Spanien kann es wohl nicht schaffen

" ...drückt sich in dieser Entwicklung das rapide nachlassende Vertrauen der Marktteilnehmer in die spanische Regierung aus."
Meine Beurteilung ist:
Spanien hat Förder/Strukturmittel sinnlos verpulvert. Eine Industrialisierung hat nicht stattgefunden und das Land hat neben Landwirtschaft und Tourismus keine anderen Standbeine.
Der geplatzte Bauboom war durch unfassbare Steuervergünstigungen auf Pump befeuert und schuf 20% der Bruttosozialproduktes.

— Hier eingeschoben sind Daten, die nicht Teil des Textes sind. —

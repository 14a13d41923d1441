//! From the bytes of a model to its flat system.

ghost use Rattle.std.specs.Prelude.{◌≡◌, ◌≤◌, length};
ghost use Rattle.ar_base.specs.Counts.{limit_of};
ghost use Rattle.ar_base.specs.StagesInside.{Meets};
ghost use Rattle.ar_base.specs.declared.counts.Count.TheVariants.{ModelBytes};
ghost use Rattle.hierarchy.specs.ModelsInside.{IsKeptTable};
ghost use Rattle.job_stages.specs.Elaborates.{Parses, Tables, Systems, Elaborates};
ghost use Rattle.job_stages.specs.Passing.{IsStageOf, IsFlattened};

use crate::jobs::word_of;
use crate::stops::Stop;
use ar_base::{RuleFault, Text};
use ar_parser::parse;
use ar_syntax::Model;
use bind_names::bind;
use class_table::{Classes, declaring_laws, table};
use gts_core::Gts;
use gts_flatten::flatten;
use hierarchy::Tree;
use hierarchy::laws::tables_are_rooted;
use instantiate::instantiate;
use std::alloc::Global;

/// The tree of a model's main block, and its flat system.
#[derive(Drop)]
pub struct Flattened {
    /// The tree.
    pub tree: Tree,
    /// The flat system.
    pub system: Gts,
}

/// The system that the text means from the main block of this name, else from the last.
pub fn elaborate(alloc: Global, text: Vec<u8>, main: &Option<Text>) -> Result<Flattened, Stop>
    requires { length text.items ≤ limit_of ModelBytes }
    ensures { IsStageOf IsFlattened (Elaborates main.now text.items) result }
{
    let model = model_of(alloc, text)?;
    let flattened = system_of(alloc, model, main)?;
    Ok(flattened)
}

// The tree of the text, which is let go.
fn model_of(alloc: Global, text: Vec<u8>) -> Result<Model, Stop>
    requires { length text.items ≤ limit_of ModelBytes }
    ensures { IsStageOf (λ m model. model ≡ m) (Parses text.items) result }
{
    let model = parse(alloc, &text)?;
    Ok(model)
}

// The system that the model means.
fn system_of(alloc: Global, model: Model, main: &Option<Text>) -> Result<Flattened, RuleFault>
    ensures { Meets (Systems main.now) IsFlattened model result }
{
    let classes = classes_of(alloc, model, main)?;
    let tree = instantiate(alloc, classes)?;
    let bound = bind(alloc, &tree)?;
    let system = flatten(alloc, &bound)?;
    Ok(Flattened { tree, system })
}

// The table of the model, seen from its main block.
fn classes_of(alloc: Global, model: Model, main: &Option<Text>) -> Result<Classes, RuleFault>
    ensures { Meets (Tables main.now) IsKeptTable model result }
{
    // What a model declares is one thing, and its table keeps the model as it is seen from there.
    declaring_laws();
    tables_are_rooted();
    let classes = table(alloc, model, word_of(main))?;
    Ok(classes)
}
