//! The commands of a script.

ghost use Rattle.std.specs.Prelude.{◌≤◌, length, map, IfErr, OnOk};
ghost use Rattle.ar_base.specs.Counts.{limit_of};
ghost use Rattle.ar_base.specs.declared.counts.Count.TheVariants.{ScriptBytes};
ghost use Rattle.gts_flatten.specs.Elaborating.{Elaborated};
ghost use Rattle.job_inputs.specs.Flat.{command_of, AreFirable, IsOfTree, AnswersScript};
ghost use Rattle.job_inputs.specs.Reads.{AddsCommands, IsBadLine};

use crate::faults::ScriptFault;
use crate::lines::{Line, first_line, line_of};
use crate::script_labels::way_named;
use ar_base::WayId;
use gts_core::Gts;
use hierarchy::Tree;
use std::alloc::Global;

/// A command of a script.
#[derive(Clone, Copy)]
pub enum Command {
    /// Fires a way.
    Fire(WayId),
    /// Takes the last standing step back.
    Back,
    /// Shows all variables and observers.
    Show,
    /// Lists the visible ways that can fire.
    Enabled,
}

/// The commands of the lines of a script on the flat system of a tree, or the first line that is bad.
pub fn read_script(
    alloc: Global,
    tree: &Tree,
    gts: &Gts,
    text: &[u8],
) -> Result<Vec<Command>, ScriptFault>
    requires tree { (x : Elaborated) × IsOfTree x tree.now gts.now }
    requires short { length text.now ≤ limit_of ScriptBytes }
    ensures { (x : Elaborated) → IsOfTree x tree.now gts.now
        → AnswersScript x gts.now text.now result }
{
    let mut commands = Vec::new(alloc);
    let mut rest = Some(text);
    let mut number = 1u32;
    while let Some(bytes) = rest {
        let (line, after) = first_line(bytes);
        add_line(alloc, &mut commands, tree, gts, line, number)?;
        rest = after;
        number += 1;
    }
    Ok(commands)
}

// Adds the command of the line of this number, if it has one.
fn add_line(
    alloc: Global,
    commands: &mut Vec<Command>,
    tree: &Tree,
    gts: &Gts,
    line: &[u8],
    number: u32,
) -> Result<(), ScriptFault>
    requires { (x : Elaborated) × IsOfTree x tree.now gts.now }
    ensures added { (x : Elaborated) → IsOfTree x tree.now gts.now
        → OnOk result (AddsCommands x line.now (map (command_of gts.now) commands.old.items)
        (map (command_of gts.now) commands.new.items)) }
    ensures firable { (x : Elaborated) → IsOfTree x tree.now gts.now
        → AreFirable gts.now commands.old.items
        → OnOk result (AreFirable gts.now commands.new.items) }
    ensures bad { (x : Elaborated) → IsOfTree x tree.now gts.now
        → IfErr result (λ fault. IsBadLine x line.now number fault) }
{
    let command = match line_of(line) {
        Line::Skipped => return Ok(()),
        Line::NoCommand => return Err(ScriptFault::Line(number)),
        Line::Fires(label) => Command::Fire(way_named(alloc, tree, gts, label, number)?),
        Line::GoesBack => Command::Back,
        Line::Shows => Command::Show,
        Line::ListsEnabled => Command::Enabled,
    };
    commands.push(command)?;
    Ok(())
}
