//! The job of the words.

ghost use Rattle.std.specs.Prelude.{◌≡◌, option_map};
ghost use Rattle.ar_base.specs.TextsInside.{bytes_of_all};
ghost use Rattle.job_stages.specs.Jobs.{makes_model};
ghost use Rattle.job_stages.specs.JobsInside.{AnswersJob};

use crate::stops::Stop;
use ar_base::Text;
use run_words::{Asked, Verb, read_asked};
use std::alloc::Global;

/// Whether a command makes its model; those of the others are files.
pub fn makes_model(command: Verb) -> bool
    ensures { result ≡ makes_model command }
{
    command.shape().files.is_made()
}

/// The job of the words behind the program's name.
pub fn asked_of(alloc: Global, words: &[String]) -> Result<Asked, Stop>
    ensures { AnswersJob (bytes_of_all words.now) result }
{
    let asked = read_asked(alloc, words)?;
    Ok(asked)
}

/// The word of an option.
pub fn word_of(text: &Option<Text>) -> Option<&str>
    ensures { option_map (λ t. t.now) result ≡ text.now }
{
    match text {
        Some(text) => Some(text.as_str()),
        None => None,
    }
}
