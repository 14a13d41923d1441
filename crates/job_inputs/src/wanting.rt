//! The observer and the value that words name.

ghost use Rattle.std.specs.Prelude.{IfOk};
ghost use Rattle.gts_flatten.specs.Elaborating.{Elaborated};
ghost use Rattle.job_inputs.specs.Flat.{IsOfTree};
ghost use Rattle.job_inputs.specs.Answers.{AnswersObserver, AnswersWanted};

use crate::names_of;
use crate::values::value_of;
use ar_base::{Memory, Text, UnitId};
use domains::Value;
use gts_core::Gts;
use hierarchy::{First, Tree, observer_at};
use std::alloc::Global;

/// An observer, and a value of its type.
#[derive(Clone, Copy)]
pub struct Wanted {
    /// The observer's number, from 0.
    pub observer: u32,
    /// The value.
    pub value: Value,
}

/// Why words ask for no value of an observer.
#[derive(Clone, Copy)]
pub enum WantedFault {
    /// The path names no observer.
    NoObserver,
    /// The word is no value of the observer's type, or there is none and the observer is not Boolean.
    NoValue,
    /// Memory was refused.
    Memory,
}

impl From<Memory> for WantedFault {
    ghost use Rattle.std.specs.Prelude.{◌≡◌};
    ghost use Rattle.job_inputs.specs.declared.wanting.WantedFault.TheVariants as fault;

    ghost from_gives = { λ _ e. e ≡ fault.Memory };

    fn from(_memory: Memory) -> Self {
        WantedFault::Memory
    }
}

/// The observer that the path names, read from the main block and through aliases too, and the value of its type that the
/// word writes: `true` or `false`, a whole number of 64 bits in digits without leading zeros behind an optional `-`, or a
/// symbol's name. Without a word a Boolean observer is asked for `true`. NoObserver exactly where the path names no observer;
/// else NoValue exactly where the word writes no value of the observer's type, or is missing where the observer is not
/// Boolean.
pub fn read_wanted(
    alloc: Global,
    tree: &Tree,
    gts: &Gts,
    observer: &[u8],
    value: &Option<Text>,
) -> Result<Wanted, WantedFault>
    requires { (x : Elaborated) × IsOfTree x tree.now gts.now }
    ensures { (x : Elaborated) → IsOfTree x tree.now gts.now
        → AnswersWanted x gts.now observer.now value.now result }
{
    let Some(number) = observer_named(alloc, tree, gts, observer)? else {
        return Err(WantedFault::NoObserver);
    };
    let parts = gts.parts();
    let Some(found) = parts.observers.get(number as usize) else {
        return Err(WantedFault::NoObserver);
    };
    let Some(value) = value_of(&parts.symbols, found.kind, value) else {
        return Err(WantedFault::NoValue);
    };
    Ok(Wanted {
        observer: number,
        value,
    })
}

/// The observer that a path names, read from the main block and through aliases too; None exactly where it names none. The
/// error is want of memory.
pub fn observer_named(
    alloc: Global,
    tree: &Tree,
    gts: &Gts,
    path: &[u8],
) -> Result<Option<u32>, Memory>
    requires { (x : Elaborated) × IsOfTree x tree.now gts.now }
    ensures { (x : Elaborated) → IsOfTree x tree.now gts.now
        → IfOk result (AnswersObserver x path.now) }
{
    match names_of(alloc, &tree.classes.names, path)? {
        Some(names) => Ok(observer_at(tree, UnitId::new(0), First::Here, &names)),
        None => Ok(None),
    }
}
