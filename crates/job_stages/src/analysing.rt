//! What the analyses of a system stand on: the trees of modes.

ghost use Rattle.std.specs.Prelude.{◌≡◌, map};
ghost use Rattle.ar_base.specs.NumbersInside.{EventId as EventNumber};
ghost use Rattle.job_inputs.specs.NamingInside.{AreEventsOf};
ghost use Rattle.gts_flatten.specs.Flat.{IsFlat};
ghost use Rattle.job_stages.specs.Passing.{IsStageOf, HasForest};
ghost use Rattle.job_stages.specs.Stages.{Ready, Static};

use crate::refusals::Refusal;
use crate::spots::path_of;
use crate::stops::Stop;
use ar_base::EventId;
use cut_text::forest_laws::forests_of_the_source;
use gts_core::Gts;
use mode_trees::Forest;
use static_fragment::{FragmentFault, recognise_up_to};
use std::alloc::Global;

/// The trees of modes of the system without the dropped events, or the rule of the static fragment that
/// it breaks. Where the cuts of at most so many events are asked for, any number of events may have a live edge.
pub fn forest_of(
    alloc: Global,
    system: &Gts,
    dropped: &[EventId],
    order: Option<u32>,
) -> Result<Forest, Stop>
    requires { AreEventsOf system.now dropped.now }
    ensures { (w : Ready) → IsFlat w.source system.now
        → w.dropped ≡ map (λ (e : EventNumber). e.n) dropped.now → w.order ≡ order
        → IsStageOf (HasForest system.now) (Static w) result }
{
    match recognise_up_to(alloc, system, dropped, order) {
        Ok(forest) => {
            // A forest has no more edges than the system has events.
            forests_of_the_source();
            Ok(forest)
        }
        Err(FragmentFault::Outside(rule, spot)) => {
            let path = path_of(alloc, system.parts(), spot)?;
            Err(Stop::Refused(Refusal::Outside(rule, path)))
        }
        Err(FragmentFault::Memory) => Err(Stop::Memory),
    }
}
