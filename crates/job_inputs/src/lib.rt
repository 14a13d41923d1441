//! What stands beside the model of a job: lines of scripts, which become commands, and of cut lists, which become cuts; lists of
//! events by their paths; one of the observers, by its path, with a value of its type.
#![tactic(auto)]

mod commands;
mod cut_lines;
mod cut_lists;
mod cutting;
mod faults;
pub mod laws;
mod lines;
mod paths;
mod reading;
mod script_labels;
mod values;
mod wanting;
mod way_numbers;

pub use commands::{Command, read_script};
pub use cut_lists::read_cuts;
pub use cutting::first_piece;
pub use faults::ScriptFault;
pub use paths::{event_named, names_of};
pub use reading::{ListFault, read_events};
pub use wanting::{Wanted, WantedFault, observer_named, read_wanted};
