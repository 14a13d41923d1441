//! Why a script or a list of cuts is refused.

use ar_base::Memory;
use std::alloc::AllocFailed;

/// Why a script gives no commands. Lines count from 1.
#[derive(Clone, Copy)]
pub enum ScriptFault {
    /// The line is no command.
    Line(u32),
    /// The label in the line names no way of a visible event.
    Unknown(u32),
    /// The label in the line is the path of an event with two ways or more, and does not say which.
    Which(u32),
    /// Memory was refused.
    Memory,
}

impl From<Memory> for ScriptFault {
    ghost use Rattle.std.specs.Prelude.{◌≡◌};
    ghost use Rattle.job_inputs.specs.declared.faults.ScriptFault.TheVariants as fault;

    ghost from_gives = { λ _ e. e ≡ fault.Memory };

    fn from(_memory: Memory) -> Self {
        ScriptFault::Memory
    }
}

impl<T: Drop> From<AllocFailed<T>> for ScriptFault {
    ghost use Rattle.std.specs.Prelude.{◌≡◌};
    ghost use Rattle.job_inputs.specs.declared.faults.ScriptFault.TheVariants as fault;

    ghost from_gives = { λ _ e. e ≡ fault.Memory };

    fn from(_failed: AllocFailed<T>) -> Self {
        ScriptFault::Memory
    }
}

Zapateros falsche Immigrationspolitik zwischen 2007 und 2011 bescherte dem Land mit Familiennachzug und Geburten 2 Millionen neue Bürgen. Davon arbeiten 300.000. Beim Rest der Bevölkerung liegt die Arbeitslosigkeit bei über 23%. In der Gruppe bis 30 Jahre bei fast 50%.
Der Markt spiegelt nicht das Vertrauen in die Regierung wider. Rajoy hat in 3 Monaten mehr Reformen umgesetzt, als Griechenland in 3 Jahren.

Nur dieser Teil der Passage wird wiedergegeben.